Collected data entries
===============

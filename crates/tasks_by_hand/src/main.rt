//! An example of what stands on the keeper without scripts: a small runtime of its own. It keeps a queue of jobs, each a task with
//! its ticket, and lets each make one request in its turn. There are three places, and the last dies on the way. That no request
//! is made which may not be made is proved. docs/library.md tells which crates a runtime takes, and what they promise.
#![tactic(auto)]

ghost use Rattle.std.specs.Prelude.{◌≡◌, ◌<◌, ◌≤◌, ◌+◌, ◌++◌, length, vec_capacity};
ghost use Rattle.std.specs.Option.{IfSome};
ghost use Rattle.tasks_by_hand.specs.Jobs.{IsReady, Suits, jobs_after};

use rx_base::{Batch, Faults, Kill, Path, PlaceId};
use rx_counts::CountLedger;
use rx_history::{Ask, JoinList, Journal, Journals, KillList, Setup};
use rx_ledger::{Keeper, Reply, Request, laws};
use rx_ticket::AnyTicket;
use rx_trace::write_trace;
use std::alloc::Global;
use std::io::{self, Write};
use std::process::ExitCode;

/// A task with its ticket. An `AnyTicket` can be neither copied nor dropped, and so it is with a job.
pub struct Job {
    task: AnyTicket,
    /// Whether it is inside a finish that it has opened.
    inside: bool,
    /// How many requests it still makes before it waits or ends.
    left: u8,
}

// What a job asks for next: the main task opens a finish, starts a task for each place, waits and ends; the others arrive and end.
fn wants(alloc: Global, job: &Job, path: Path) -> (Ask, Option<Path>)
    ensures { Suits job.now.task job.now.inside result.0 result.1 }
{
    let thrown = Faults::open(alloc);
    let to = PlaceId(job.left % 3);
    match (&job.task, job.inside, job.left) {
        (AnyTicket::Host, _, _) => (Ask::Root, None),
        (AnyTicket::Moving(_), _, _) => (Ask::Arrive, None),
        (AnyTicket::Held(_), _, _) => (Ask::Release, None),
        (AnyTicket::Running(_), true, 0) => (Ask::Wait { thrown }, None),
        (AnyTicket::Running(_), true, _) => (Ask::Spawn { to }, Some(path)),
        (AnyTicket::Running(_), false, 0) => (Ask::End { thrown }, None),
        (AnyTicket::Running(_), false, _) => (Ask::Open, Some(path)),
    }
}

// Puts the tickets of a reply at the end of the queue: that of the job which asked, and that of the task which it has started.
fn put(jobs: &mut Vec<Job>, reply: Reply, inside: bool, left: u8)
    requires { length jobs.old.items + 2 ≤ vec_capacity jobs.old }
    ensures { jobs.new.items ≡ jobs_after jobs.old.items reply inside left }
{
    let inside = match &reply {
        Reply::Opened { .. } => true,
        Reply::Released { .. } => false,
        _ => inside,
    };
    let (asking, started) = reply.into_tickets();
    if let Some(task) = asking {
        jobs.push_reserved(Job { task, inside, left });
    }
    if let Some(task) = started {
        let (inside, left) = (false, 0);
        jobs.push_reserved(Job { task, inside, left });
    }
}

// Lets the first job make its next request. Its ticket comes back with the reply, unless the task has ended or is lost.
fn turn(alloc: Global, keeper: &mut Keeper<CountLedger>, jobs: &mut Vec<Job>) -> Option<()>
    requires some { 0 < length jobs.old.items }
    requires ready { IsReady keeper.old jobs.old.items }
    ensures { IfSome result (λ _. IsReady keeper.new jobs.new.items) }
{
    laws::may_wait_next();
    laws::may_end_next();
    laws::calls_go_on();
    laws::calls_own();
    laws::calls_keep_others();
    laws::calls_spare_scopes();
    laws::started_are_new();
    laws::numbers_are_left();
    keeper.is_history();
    let mut path = Path::open(alloc);
    path.push(0).ok()?;
    jobs.reserve(2).ok()?;
    let job = jobs.remove(0);
    let (ask, path) = wants(alloc, &job, path);
    let Job { task, inside, left } = job;
    let reply = keeper.apply(Request {
        ticket: task,
        ask,
        batch: Batch::open(alloc),
        path,
    });
    keeper.is_history();
    put(jobs, reply, inside, left.saturating_sub(1));
    (keeper.len() < 1000).then_some(())
}

// Gives up the jobs that are left.
fn give_up(mut jobs: Vec<Job>) {
    'rest: while let Some(job) = jobs.pop() {
        let Job { task, inside, left } = job;
        let _ = (inside, left);
        task.lost(PlaceId(0), 0);
    }
    jobs.destroy_empty();
}

// Runs the main task and all that it starts, with the host, and writes the trace. `None` says that memory or the output failed.
fn run<R: Print>(rt: &R, alloc: Global) -> Option<()> {
    let mut kills = KillList::open(alloc);
    let (place, moment) = (PlaceId(2), 6);
    kills.push(Kill { place, moment }).ok()?;
    let setup = Setup {
        places: 3,
        heap: 1,
        kills,
        joins: JoinList::open(alloc),
    };
    let ledger = CountLedger::open_for(alloc, 3, 0).ok()?;
    let mut jobs = Vec::with_capacity(alloc, 2).ok()?;
    let Ok((mut keeper, ticket)) = Keeper::open(alloc, ledger, &setup) else {
        jobs.destroy_empty();
        return None;
    };
    let (task, inside, left) = (AnyTicket::Running(ticket), false, 4);
    jobs.push_reserved(Job { task, inside, left });
    let (task, left) = (AnyTicket::Host, 0);
    jobs.push_reserved(Job { task, inside, left });
    'turns: for _ in 0..100 {
        if jobs.is_empty() || turn(alloc, &mut keeper, &mut jobs).is_none() {
            break;
        }
    }
    give_up(jobs);
    let (history, _) = keeper.into_history();
    let mut journals = Journals::open(alloc);
    for _ in 0..3 {
        journals.push(Journal::open(alloc)).ok()?;
    }
    let mut text = Vec::new(alloc);
    write_trace(&history, &journals, &mut text).ok()?;
    io::writer(rt).write_all(&text).ok()
}

fn main(rt: HostRuntime) -> ExitCode {
    let done = run(&rt, rt.alloc()).is_some();
    ExitCode::from(u8::from(!done))
}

===============

* _Required work_: Above are the records; from them, give again exactly the lines from the one containing "each a task with" through the one containing "with a job.", both included.

* _Exercise result_:
//! An example of what stands on the keeper without scripts: a small runtime of its own. It keeps a queue of jobs, each a task with
//! its ticket, and lets each make one request in its turn. There are three places, and the last dies on the way. That no request
//! is made which may not be made is proved. docs/library.md tells which crates a runtime takes, and what they promise.
#![tactic(auto)]

ghost use Rattle.std.specs.Prelude.{◌≡◌, ◌<◌, ◌≤◌, ◌+◌, ◌++◌, length, vec_capacity};
ghost use Rattle.std.specs.Option.{IfSome};
ghost use Rattle.tasks_by_hand.specs.Jobs.{IsReady, Suits, jobs_after};

use rx_base::{Batch, Faults, Kill, Path, PlaceId};
use rx_counts::CountLedger;
use rx_history::{Ask, JoinList, Journal, Journals, KillList, Setup};
use rx_ledger::{Keeper, Reply, Request, laws};
use rx_ticket::AnyTicket;
use rx_trace::write_trace;
use std::alloc::Global;
use std::io::{self, Write};
use std::process::ExitCode;

/// A task with its ticket. An `AnyTicket` can be neither copied nor dropped, and so it is with a job.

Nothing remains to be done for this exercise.